Arminio Fraga: Há um certo consenso de que são três crises simultâneas: econômica,
política e de valores. Sobre a econômica já
falamos. A crise política tem a ver com o caos dos mais de 30 partidos, o que faz
com que a coisa funcione como um grande bazar, e reduz um senso maior de
responsabilidade pelo bem comum. A de valores tem a ver com a corrupção generalizada,
com a busca de atalhos para tudo, com a
falta de meritocracia e a de confiança entre as pessoas. Acredito que essas
crises têm raízes comuns, que exigem uma resposta simultânea. De um modo geral,
a coisa tem a ver com o modelo de Estado que temos, capturados por
interesses privados e partidário.
Como
o sr. viu o resultado das eleições municipais? Houve uma guinada à direita?

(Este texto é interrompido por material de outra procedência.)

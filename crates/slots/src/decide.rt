// What is to be done with what a look at all slots found.
ghost use Rattle.std.specs.Prelude.{◌≡◌};
ghost use Rattle.slots.specs.Decide.{check_of, decide_of, free_in, request_of, response_of, still_of, sound_of, ones_of, count_of, place_of};

use crate::ask::Ask;
use crate::look::{Ranks, Seen};
use crate::{Four, Slot};
use refusal::Refusal;

// Each entry is one of these, unless the table is refused: `Taken` and `Answered` say at which place.
#[derive(Clone, Copy, Debug, PartialEq, Eq, Hash)]
pub enum Report {
    Dropped,
    Other,
    NoSeq,
    Taken(usize),
    TurnedAway,
    Answered(usize),
    Stray,
}

// What changes in a table: nothing, the slot at a place, or a rank is freed.
#[derive(Clone, Copy, Debug, PartialEq, Eq, Hash)]
pub enum Change {
    Nothing,
    Put(usize, Slot),
    Free(u32),
}

#[derive(Clone, Copy, Debug, PartialEq, Eq, Hash)]
pub struct Plan {
    pub change: Change,
    pub report: Report,
}

impl Plan {
    fn still(report: Report) -> Plan
        ensures { result ≡ still_of report }
    {
        Plan {
            change: Change::Nothing,
            report,
        }
    }
}

impl Seen {
    #[tactic(auto, unfolding(crate::specs::Decide::decide_of))]
    pub fn decide(self) -> Result<Plan, Refusal>
        ensures { result ≡ decide_of self }
    {
        self.check()?;
        Ok(match self.ask {
            Ask::Dropped => Plan::still(Report::Dropped),
            Ask::NoSeq => Plan::still(Report::NoSeq),
            Ask::Request(four) => self.request(four),
            Ask::Response(_) => self.response(),
            Ask::Other | Ask::Rank(_) => Plan::still(Report::Other),
        })
    }

    // How many slots wait.
    #[tactic(auto, unfolding(crate::specs::Decide::count_of))]
    pub fn count(self) -> Result<u32, Refusal>
        ensures { result ≡ count_of self }
    {
        self.check()?;
        Ok(self.ranks.count)
    }

    // Where the slot that was asked for lies.
    #[tactic(auto, unfolding(crate::specs::Decide::place_of))]
    pub fn place(self) -> Result<Option<usize>, Refusal>
        ensures { result ≡ place_of self }
    {
        self.check()?;
        match self.oldest {
            Some(oldest) => Ok(Some(oldest.place)),
            None => Ok(None),
        }
    }

    // What refuses the table.
    #[tactic(auto, unfolding(crate::specs::Decide::check_of))]
    fn check(self) -> Result<(), Refusal>
        ensures { result ≡ check_of self }
    {
        if self.size == 0 || 64 < self.size {
            return Err(Refusal::TableSize);
        }
        if !self.ranks.is_sound() {
            return Err(Refusal::BrokenTable);
        }
        Ok(())
    }

    // A slot is free, so there is room for one more rank.
    #[tactic(auto, unfolding(crate::specs::Decide::request_of))]
    fn request(self, four: Four) -> Plan
        ensures { result ≡ request_of self four }
    {
        match self.free_place() {
            Some(at) if self.ranks.count < 64 => Plan {
                change: Change::Put(
                    at,
                    Slot {
                        four,
                        rank: self.ranks.count + 1,
                    },
                ),
                report: Report::Taken(at),
            },
            _ => Plan::still(Report::TurnedAway),
        }
    }

    // The first free place, if a slot is free.
    fn free_place(self) -> Option<usize>
        ensures { result ≡ free_in self.free self.size }
    {
        (self.free < self.size).then_some(self.free)
    }

    #[tactic(auto, unfolding(crate::specs::Decide::response_of))]
    fn response(self) -> Plan
        ensures { result ≡ response_of self }
    {
        match self.oldest {
            Some(oldest) => Plan {
                change: Change::Free(oldest.rank),
                report: Report::Answered(oldest.place),
            },
            None => Plan::still(Report::Stray),
        }
    }
}

impl Ranks {
    // No slot breaks a rule, and the ranks that are marked are 1 to the number of those that wait.
    #[tactic(auto, unfolding(crate::specs::Decide::sound_of))]
    fn is_sound(self) -> bool
        ensures { result ≡ sound_of self }
    {
        self.well && self.mask == ones(self.count)
    }
}

// So many low bits.
#[tactic(auto, unfolding(crate::specs::Decide::ones_of))]
fn ones(count: u32) -> u64
    ensures { result ≡ ones_of count }
{
    if count == 0 {
        return 0;
    }
    if 63 < count {
        return u64::MAX;
    }
    u64::MAX >> (64 - count)
}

Arminio Fraga: Não se trata de guinada da
esquerda para a direita. Não há mais esquerda ou direita. Ou você vai dizer que o PT é de esquerda? O partido da bolsa
empresário, que teve a relação que vimos com as empresas, pode ser chamado de
esquerda? Acho que não, né? São Paulo elegeu o João Doria (PSDB), que tem
um perfil empresarial, bem parecido com o da cidade. Mas o que vimos na eleição municipal em muitas cidades foi a ascensão de
uma direita no que se refere ao conservadorismo dos costumes. É preocupante.

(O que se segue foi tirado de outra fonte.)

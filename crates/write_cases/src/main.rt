//! Replays what is on standard input: contents, each written to so much room, texts, of each of which a file is made,
//! and files, of each of which the text is printed. Prints each line whose outcome differs, and then how many cases
//! there were and how many differ. The room is filled first: what is behind a file must stay, and all of it where
//! nothing is written. tests/write/README.md says what the lines are and where the expected outcomes come from.
#![tactic(auto)]

use anyhow::{Context, Result, bail};
use gsym_form::{Form, FormEntry, FormItem, Unmade, Unread, dump};
use gsym_parser::{GsymContext, is_width};
use gsym_writer::{Address, FileInfo, StrOffset, WriteError};
use std::alloc::Global;
use std::io::{self, BufRead, BufReader};

// What the room is filled with.
const FILL: u8 = 0xa5;

// The words of a line that are still to come.
#[derive(Clone, Copy)]
struct Words<'a> {
    rest: &'a str,
}

impl<'a> Words<'a> {
    fn next(&mut self) -> Option<&'a str> {
        if self.rest.is_empty() {
            return None;
        }
        let (word, rest) = self.rest.split_once(' ').unwrap_or((self.rest, ""));
        self.rest = rest;
        Some(word)
    }

    // The next word, which has to be there.
    fn word(&mut self) -> Result<&'a str> {
        self.next().context("a word is missing")
    }

    fn number(&mut self) -> Result<u64> {
        Ok(self.word()?.parse::<u64>()?)
    }

    fn short_number(&mut self) -> Result<u32> {
        Ok(self.word()?.parse::<u32>()?)
    }

    // Bytes in hexadecimal, which have to be the last word.
    fn last_bytes(&mut self, alloc: Global) -> Result<Vec<u8>> {
        let bytes = self.bytes(alloc)?;
        if self.next().is_some() {
            bail!("a word too many");
        }
        Ok(bytes)
    }

    // Bytes in hexadecimal; `-` stands for none.
    fn bytes(&mut self, alloc: Global) -> Result<Vec<u8>> {
        let word = self.word()?;
        if word == "-" {
            return Ok(Vec::new(alloc));
        }
        Ok(hex::decode(alloc, word)?)
    }
}

// What a line gives to be written, and the room for it.
#[derive(Drop)]
struct Case {
    room: usize,
    form: Form,
}

fn nothing(alloc: Global) -> Form {
    Form {
        entries: Vec::new(alloc),
        items: Vec::new(alloc),
        bytes: Vec::new(alloc),
        files: Vec::new(alloc),
        file_lines: Vec::new(alloc),
        strings: Vec::new(alloc),
    }
}

fn push<T: Drop>(list: &mut Vec<T>, thing: T) -> Result<()> {
    list.push(thing)?;
    Ok(())
}

fn parse_entry(words: &mut Words<'_>, form: &mut Form) -> Result<()> {
    let first = form.items.len();
    let entry = FormEntry {
        addr: Address(words.number()?),
        size: words.short_number()?,
        name: StrOffset(words.short_number()?),
        first,
        end: first,
        line: 0,
    };
    push(&mut form.entries, entry)
}

fn parse_item(alloc: Global, words: &mut Words<'_>, form: &mut Form) -> Result<()> {
    let kind = words.short_number()?;
    let bytes = words.bytes(alloc)?;
    let first = form.bytes.len();
    form.bytes.extend_from_slice(&bytes)?;
    let end = form.bytes.len();
    let item = FormItem {
        kind,
        line: 0,
        first,
        end,
    };
    push(&mut form.items, item)?;
    if let Some(entry) = form.entries.last_mut() {
        entry.end = form.items.len();
    }
    Ok(())
}

fn parse_file(words: &mut Words<'_>, form: &mut Form) -> Result<()> {
    let file = FileInfo {
        directory: StrOffset(words.short_number()?),
        filename: StrOffset(words.short_number()?),
    };
    push(&mut form.files, file)
}

// What is given, behind the name of the case.
fn parse(alloc: Global, line: &str) -> Result<Case> {
    let mut words = Words { rest: line };
    let mut form = nothing(alloc);
    let mut room = 0;
    for _ in 0..u64::MAX {
        match words.next() {
            Some("room") => room = words.number()? as usize,
            Some("strings") => form.strings = words.bytes(alloc)?,
            Some("file") => parse_file(&mut words, &mut form)?,
            Some("entry") => parse_entry(&mut words, &mut form)?,
            Some("item") => parse_item(alloc, &mut words, &mut form)?,
            Some(_) => bail!("a word that is none"),
            None => break,
        }
    }
    Ok(Case { room, form })
}

// What refuses a file, as the lines have it.
fn refusal_text(alloc: Global, error: WriteError) -> Result<String> {
    let number = error.number();
    let text = match error {
        WriteError::NotRising { entry }
        | WriteError::SumTooLarge { entry }
        | WriteError::EndItem { entry } => format!(in alloc; "{number} {entry}")?,
        WriteError::UnreadName { entry } => format!(in alloc; "{number} name {entry}")?,
        WriteError::UnreadFile { file } => format!(in alloc; "{number} file {file}")?,
        WriteError::TooLarge => format!(in alloc; "{number}")?,
        WriteError::TooLittleRoom { needed } => format!(in alloc; "{number} {needed}")?,
    };
    Ok(text)
}

// Whether all of some bytes are as the room was filled.
fn is_untouched(bytes: &[u8]) -> bool {
    bytes.iter().all(|byte| *byte == FILL)
}

// What came of writing a case, as the lines have it.
fn outcome(alloc: Global, case: &Case) -> Result<String> {
    let mut out = vec![in alloc; FILL; case.room]?;
    match case.form.write(alloc, &mut out) {
        Ok(len) => {
            let (file, behind) = out.split_at(len.min(out.len()));
            if !is_untouched(behind) {
                bail!("bytes behind the file are others");
            }
            let digits = hex::encode(alloc, file)?;
            Ok(format!(in alloc; "0 {digits}")?)
        }
        Err(Unmade::Refused(error)) => {
            if !is_untouched(&out) {
                bail!("bytes were written");
            }
            refusal_text(alloc, error)
        }
        Err(Unmade::Memory) => bail!("no memory"),
    }
}

// What came of the form of a text.
fn outcome_of_form(alloc: Global, form: &Form) -> Result<String> {
    match form.file(alloc) {
        Ok(file) => {
            let digits = hex::encode(alloc, &file)?;
            Ok(format!(in alloc; "0 {digits}")?)
        }
        Err(Unmade::Refused(error)) => {
            let line = form.line_of(error).unwrap_or(0);
            Ok(format!(in alloc; "{} line {line}", error.number())?)
        }
        Err(Unmade::Memory) => bail!("no memory"),
    }
}

// What came of a text: the file, the line that is wrong, or what refuses it and the line.
fn outcome_of_text(alloc: Global, text: &[u8]) -> Result<String> {
    match gsym_form::parse(alloc, text) {
        Ok(form) => outcome_of_form(alloc, &form),
        Err(Unread::Line(line, _)) => Ok(format!(in alloc; "line {line}")?),
        Err(Unread::Memory) => bail!("no memory"),
    }
}

// What came of a file: whether some entry doesn't read, and the text; or that it is refused.
fn outcome_of_file(alloc: Global, file: &[u8]) -> Result<String> {
    let Ok(context) = GsymContext::parse_header(file) else {
        return Ok(format!(in alloc; "refused")?);
    };
    if !is_width(context.tables.offset_size) {
        return Ok(format!(in alloc; "refused")?);
    }
    let mut text = Vec::new(alloc);
    let reads = dump(alloc, &context, &mut text)?;
    let digits = hex::encode(alloc, &text)?;
    let status = if reads { 0 } else { 1 };
    Ok(format!(in alloc; "{status} {digits}")?)
}

// What came of what is given, behind the name of the case.
fn outcome_of(alloc: Global, given: &str) -> Result<String> {
    let mut words = Words { rest: given };
    match words.next() {
        Some("text") => outcome_of_text(alloc, &words.last_bytes(alloc)?),
        Some("dump") => outcome_of_file(alloc, &words.last_bytes(alloc)?),
        _ => outcome(alloc, &parse(alloc, given)?),
    }
}

// What came of a line, and what is expected of it.
fn run(alloc: Global, line: &str) -> Result<(String, bool)> {
    let (given, expected) = line.split_once(" = ").context("no outcome")?;
    let (_name, given) = given.split_once(' ').context("a single word")?;
    let came = outcome_of(alloc, given)?;
    let agrees = came.as_str() == expected;
    Ok((came, agrees))
}

// Whether a line comes to what is expected; else it is told.
fn replay(rt: &impl Print, alloc: Global, line: &str) -> io::Result<bool> {
    match run(alloc, line) {
        Ok((_, true)) => Ok(true),
        Ok((came, false)) => {
            println!(rt; "{line}\n  came to {came}")?;
            Ok(false)
        }
        Err(error) => {
            println!(rt; "{line}\n  {error}")?;
            Ok(false)
        }
    }
}

fn main(rt: HostRuntime) -> io::Result<()> {
    let alloc = rt.alloc();
    let mut cases = 0u64;
    let mut differ = 0u64;
    for line in BufReader::new(alloc, rt.reader())?.lines(alloc) {
        let line = line?;
        if line.starts_with('#') {
            continue;
        }
        cases = cases.saturating_add(1);
        if !replay(&rt, alloc, &line)? {
            differ = differ.saturating_add(1);
        }
    }
    println!(rt; "{cases} cases, {differ} differ")
}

Eu, como liberal que sou, estou fora disso.
Já
dá para dizer para onde a crise econômica vai levar as eleições de 2018?
Arminio Fraga: Não tem como. Ninguém
consegue. O meu temor é que surja um
populista moralista vendendo um caminho sem sacrifício. Aliás, não gosto
quando falam que cada um precisa dar a sua cota de sacrifício para fazer o
ajuste, para tirar o País da recessão. Fica parecendo que existe uma saída sem
sacrifício – e isso não existe. Nesse ambiente, pode surgir um vendedor de ilusões que piore ainda mais tudo que está
aí.
O
sr. aceitaria novamente convite para ser ministro da Fazenda?
Arminio Fraga: Não sei. Nem tenho tempo
para pensar nisso. Sabe o que acontece? Com o tempo, o sarrafo vai subindo.
Quando fui presidente do Banco Central, eu tinha 40 e poucos anos. Agora, estou
com 59. A gente vai ficando mais crítico e mais exigente. Estou contente me
dedicando à Gávea Investimentos e, em
menor escala, a temas acadêmicos e filantrópicos.